> _What you need to do_: Work through the data line by line, gathering every line that has the word "whose".

> _Dataset records_:
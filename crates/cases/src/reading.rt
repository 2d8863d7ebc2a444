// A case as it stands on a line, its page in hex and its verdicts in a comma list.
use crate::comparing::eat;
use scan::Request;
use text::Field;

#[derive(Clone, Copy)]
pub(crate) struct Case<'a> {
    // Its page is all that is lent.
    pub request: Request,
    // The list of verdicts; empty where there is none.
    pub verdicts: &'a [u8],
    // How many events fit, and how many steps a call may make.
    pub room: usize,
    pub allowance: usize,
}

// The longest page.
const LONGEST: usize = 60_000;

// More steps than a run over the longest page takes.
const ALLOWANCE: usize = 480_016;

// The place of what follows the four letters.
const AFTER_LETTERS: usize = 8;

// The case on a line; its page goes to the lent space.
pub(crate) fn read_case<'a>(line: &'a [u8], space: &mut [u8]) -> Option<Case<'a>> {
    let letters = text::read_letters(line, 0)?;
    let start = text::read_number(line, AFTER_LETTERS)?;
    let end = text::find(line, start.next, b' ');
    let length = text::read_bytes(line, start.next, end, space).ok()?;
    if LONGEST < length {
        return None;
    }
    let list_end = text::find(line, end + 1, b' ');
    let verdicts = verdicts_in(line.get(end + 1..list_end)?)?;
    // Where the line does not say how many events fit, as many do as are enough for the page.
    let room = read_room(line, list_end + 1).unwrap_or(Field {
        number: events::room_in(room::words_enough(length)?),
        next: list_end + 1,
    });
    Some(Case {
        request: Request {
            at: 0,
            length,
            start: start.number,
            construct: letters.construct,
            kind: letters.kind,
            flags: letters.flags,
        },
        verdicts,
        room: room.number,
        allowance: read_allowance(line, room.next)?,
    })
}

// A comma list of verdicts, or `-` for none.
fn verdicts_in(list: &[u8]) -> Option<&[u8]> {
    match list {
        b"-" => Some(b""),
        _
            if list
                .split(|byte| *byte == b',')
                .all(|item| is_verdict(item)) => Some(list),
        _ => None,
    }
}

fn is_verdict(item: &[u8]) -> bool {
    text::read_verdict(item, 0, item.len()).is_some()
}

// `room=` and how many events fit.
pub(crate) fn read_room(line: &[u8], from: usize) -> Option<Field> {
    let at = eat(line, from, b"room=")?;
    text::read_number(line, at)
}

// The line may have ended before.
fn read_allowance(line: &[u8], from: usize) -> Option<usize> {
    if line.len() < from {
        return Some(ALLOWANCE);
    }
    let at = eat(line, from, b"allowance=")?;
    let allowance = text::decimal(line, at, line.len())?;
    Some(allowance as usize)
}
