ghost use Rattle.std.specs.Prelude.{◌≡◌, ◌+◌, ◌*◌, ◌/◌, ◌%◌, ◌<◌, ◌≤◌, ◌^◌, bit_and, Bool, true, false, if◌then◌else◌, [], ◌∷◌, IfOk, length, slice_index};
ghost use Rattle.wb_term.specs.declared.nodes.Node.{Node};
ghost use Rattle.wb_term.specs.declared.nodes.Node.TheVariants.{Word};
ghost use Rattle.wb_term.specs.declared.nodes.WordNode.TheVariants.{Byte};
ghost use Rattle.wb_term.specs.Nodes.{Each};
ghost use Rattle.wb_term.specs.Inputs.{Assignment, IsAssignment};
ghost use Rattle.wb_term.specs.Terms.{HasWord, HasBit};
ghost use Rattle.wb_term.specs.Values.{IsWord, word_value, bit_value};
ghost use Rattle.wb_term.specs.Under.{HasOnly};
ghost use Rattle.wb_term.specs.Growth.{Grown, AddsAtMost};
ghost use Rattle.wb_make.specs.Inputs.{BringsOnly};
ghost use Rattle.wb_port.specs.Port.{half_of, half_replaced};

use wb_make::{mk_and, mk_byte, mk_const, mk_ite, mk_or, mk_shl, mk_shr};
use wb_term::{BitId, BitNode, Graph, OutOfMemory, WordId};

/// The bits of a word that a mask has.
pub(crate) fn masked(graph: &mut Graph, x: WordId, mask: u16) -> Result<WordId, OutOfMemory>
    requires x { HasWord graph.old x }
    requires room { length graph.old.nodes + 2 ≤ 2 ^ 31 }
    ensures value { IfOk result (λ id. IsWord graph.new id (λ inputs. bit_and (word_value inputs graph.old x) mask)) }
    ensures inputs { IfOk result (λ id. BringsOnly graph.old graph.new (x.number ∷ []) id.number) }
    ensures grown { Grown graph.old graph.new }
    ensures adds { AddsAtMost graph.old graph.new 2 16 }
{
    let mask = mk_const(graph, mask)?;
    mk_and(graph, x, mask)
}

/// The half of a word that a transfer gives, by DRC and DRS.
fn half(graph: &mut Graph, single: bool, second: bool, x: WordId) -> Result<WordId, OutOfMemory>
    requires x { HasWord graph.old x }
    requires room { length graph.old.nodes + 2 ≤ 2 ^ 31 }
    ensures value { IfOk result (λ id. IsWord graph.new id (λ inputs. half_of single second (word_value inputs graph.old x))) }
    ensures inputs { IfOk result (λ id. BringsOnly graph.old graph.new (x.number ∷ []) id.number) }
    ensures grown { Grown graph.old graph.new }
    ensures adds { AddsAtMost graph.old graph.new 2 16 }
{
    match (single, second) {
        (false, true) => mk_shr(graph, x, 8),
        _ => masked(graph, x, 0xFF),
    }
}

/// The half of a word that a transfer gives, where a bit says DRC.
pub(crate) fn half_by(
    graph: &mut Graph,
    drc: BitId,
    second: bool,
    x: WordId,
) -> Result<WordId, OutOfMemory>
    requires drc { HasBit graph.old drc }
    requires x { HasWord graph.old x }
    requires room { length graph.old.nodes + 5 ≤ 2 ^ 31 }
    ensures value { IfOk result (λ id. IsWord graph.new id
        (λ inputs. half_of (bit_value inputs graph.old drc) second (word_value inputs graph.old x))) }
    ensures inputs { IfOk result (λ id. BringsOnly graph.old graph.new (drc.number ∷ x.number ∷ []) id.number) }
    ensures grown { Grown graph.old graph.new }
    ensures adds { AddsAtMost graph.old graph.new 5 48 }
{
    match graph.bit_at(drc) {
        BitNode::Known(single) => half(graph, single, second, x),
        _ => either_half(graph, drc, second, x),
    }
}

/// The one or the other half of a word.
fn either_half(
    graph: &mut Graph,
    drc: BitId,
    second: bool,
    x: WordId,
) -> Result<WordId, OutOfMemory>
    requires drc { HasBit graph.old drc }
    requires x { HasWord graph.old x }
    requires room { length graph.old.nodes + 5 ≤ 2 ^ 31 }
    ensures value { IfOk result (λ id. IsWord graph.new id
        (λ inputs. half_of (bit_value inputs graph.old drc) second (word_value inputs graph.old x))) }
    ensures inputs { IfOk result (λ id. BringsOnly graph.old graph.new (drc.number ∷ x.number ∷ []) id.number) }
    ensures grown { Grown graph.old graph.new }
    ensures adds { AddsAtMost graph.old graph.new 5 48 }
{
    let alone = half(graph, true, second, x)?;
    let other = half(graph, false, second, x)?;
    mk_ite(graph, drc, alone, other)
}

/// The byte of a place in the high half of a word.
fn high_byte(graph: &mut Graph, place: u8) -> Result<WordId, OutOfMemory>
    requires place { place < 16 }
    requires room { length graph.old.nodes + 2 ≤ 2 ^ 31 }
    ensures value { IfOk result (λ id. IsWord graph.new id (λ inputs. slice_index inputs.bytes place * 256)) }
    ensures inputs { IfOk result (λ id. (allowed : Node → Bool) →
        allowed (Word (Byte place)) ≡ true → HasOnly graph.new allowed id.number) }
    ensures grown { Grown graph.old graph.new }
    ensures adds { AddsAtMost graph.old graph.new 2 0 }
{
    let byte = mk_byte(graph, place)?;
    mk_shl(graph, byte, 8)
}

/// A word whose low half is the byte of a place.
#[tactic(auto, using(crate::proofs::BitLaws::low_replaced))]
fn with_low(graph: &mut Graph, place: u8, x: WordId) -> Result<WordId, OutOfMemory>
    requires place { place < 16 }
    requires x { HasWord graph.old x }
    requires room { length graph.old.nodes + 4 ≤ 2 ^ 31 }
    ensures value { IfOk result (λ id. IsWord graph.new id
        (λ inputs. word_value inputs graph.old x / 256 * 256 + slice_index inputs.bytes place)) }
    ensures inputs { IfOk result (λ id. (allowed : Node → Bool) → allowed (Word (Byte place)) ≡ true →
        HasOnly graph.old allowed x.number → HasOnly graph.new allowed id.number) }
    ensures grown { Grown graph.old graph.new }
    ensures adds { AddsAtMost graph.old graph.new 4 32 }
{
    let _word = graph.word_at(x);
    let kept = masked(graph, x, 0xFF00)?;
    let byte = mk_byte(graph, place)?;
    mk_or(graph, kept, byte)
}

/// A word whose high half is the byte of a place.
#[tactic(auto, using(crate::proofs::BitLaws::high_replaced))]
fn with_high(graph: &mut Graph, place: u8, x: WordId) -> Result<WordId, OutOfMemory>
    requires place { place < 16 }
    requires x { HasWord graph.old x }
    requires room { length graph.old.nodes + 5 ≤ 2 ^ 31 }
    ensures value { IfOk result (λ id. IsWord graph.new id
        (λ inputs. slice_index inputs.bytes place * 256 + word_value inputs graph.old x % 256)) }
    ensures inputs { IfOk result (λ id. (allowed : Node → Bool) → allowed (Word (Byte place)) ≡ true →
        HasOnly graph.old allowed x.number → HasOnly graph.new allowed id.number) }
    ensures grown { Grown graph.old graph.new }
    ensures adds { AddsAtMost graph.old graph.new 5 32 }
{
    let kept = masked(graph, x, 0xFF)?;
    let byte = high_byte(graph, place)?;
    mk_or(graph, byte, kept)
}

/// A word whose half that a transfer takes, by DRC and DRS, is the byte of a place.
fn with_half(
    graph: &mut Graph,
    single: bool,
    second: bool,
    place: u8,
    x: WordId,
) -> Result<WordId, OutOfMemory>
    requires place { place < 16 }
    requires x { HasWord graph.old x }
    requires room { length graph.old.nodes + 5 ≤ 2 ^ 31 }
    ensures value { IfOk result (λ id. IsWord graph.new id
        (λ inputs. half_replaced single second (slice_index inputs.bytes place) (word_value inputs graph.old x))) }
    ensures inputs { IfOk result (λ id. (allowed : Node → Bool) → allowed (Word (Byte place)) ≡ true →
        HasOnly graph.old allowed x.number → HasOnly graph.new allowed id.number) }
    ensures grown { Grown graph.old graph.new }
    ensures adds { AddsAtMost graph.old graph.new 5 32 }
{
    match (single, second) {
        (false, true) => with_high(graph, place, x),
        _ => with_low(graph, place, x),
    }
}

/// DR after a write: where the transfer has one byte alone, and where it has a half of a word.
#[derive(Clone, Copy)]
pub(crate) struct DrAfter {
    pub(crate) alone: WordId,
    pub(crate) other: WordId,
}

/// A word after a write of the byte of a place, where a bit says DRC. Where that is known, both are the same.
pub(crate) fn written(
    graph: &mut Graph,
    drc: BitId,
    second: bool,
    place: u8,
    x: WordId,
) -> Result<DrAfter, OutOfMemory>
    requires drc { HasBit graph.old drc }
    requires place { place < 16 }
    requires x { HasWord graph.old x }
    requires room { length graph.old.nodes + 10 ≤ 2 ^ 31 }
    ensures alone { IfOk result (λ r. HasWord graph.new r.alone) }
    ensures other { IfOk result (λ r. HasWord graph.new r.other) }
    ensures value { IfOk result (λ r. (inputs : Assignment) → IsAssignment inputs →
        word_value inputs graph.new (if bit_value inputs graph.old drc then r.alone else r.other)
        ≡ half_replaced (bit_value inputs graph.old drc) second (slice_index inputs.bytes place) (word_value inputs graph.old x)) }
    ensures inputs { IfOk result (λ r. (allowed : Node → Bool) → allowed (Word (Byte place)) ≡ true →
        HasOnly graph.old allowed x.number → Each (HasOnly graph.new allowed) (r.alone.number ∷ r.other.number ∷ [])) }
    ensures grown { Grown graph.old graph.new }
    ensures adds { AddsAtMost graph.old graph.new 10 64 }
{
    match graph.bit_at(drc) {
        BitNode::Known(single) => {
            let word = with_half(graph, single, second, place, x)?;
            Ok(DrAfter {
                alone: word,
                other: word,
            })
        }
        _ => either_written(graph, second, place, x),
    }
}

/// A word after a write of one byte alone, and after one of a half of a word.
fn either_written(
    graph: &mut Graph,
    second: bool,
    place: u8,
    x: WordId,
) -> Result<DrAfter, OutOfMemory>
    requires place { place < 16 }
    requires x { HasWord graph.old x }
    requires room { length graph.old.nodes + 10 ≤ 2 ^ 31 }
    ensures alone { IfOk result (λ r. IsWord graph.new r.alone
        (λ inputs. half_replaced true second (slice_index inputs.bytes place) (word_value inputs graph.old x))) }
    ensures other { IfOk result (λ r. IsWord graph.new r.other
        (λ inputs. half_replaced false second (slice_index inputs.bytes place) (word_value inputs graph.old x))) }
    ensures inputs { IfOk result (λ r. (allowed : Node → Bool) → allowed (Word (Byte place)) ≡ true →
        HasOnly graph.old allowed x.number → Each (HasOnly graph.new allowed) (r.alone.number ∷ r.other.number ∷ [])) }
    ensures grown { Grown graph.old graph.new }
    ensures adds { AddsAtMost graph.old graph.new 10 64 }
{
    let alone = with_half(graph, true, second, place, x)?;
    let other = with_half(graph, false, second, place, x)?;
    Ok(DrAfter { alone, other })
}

> _Answer section_:
/// A word whose low half is the byte of a place.
/// A word whose high half is the byte of a place.
/// A word whose half that a transfer takes, by DRC and DRS, is the byte of a place.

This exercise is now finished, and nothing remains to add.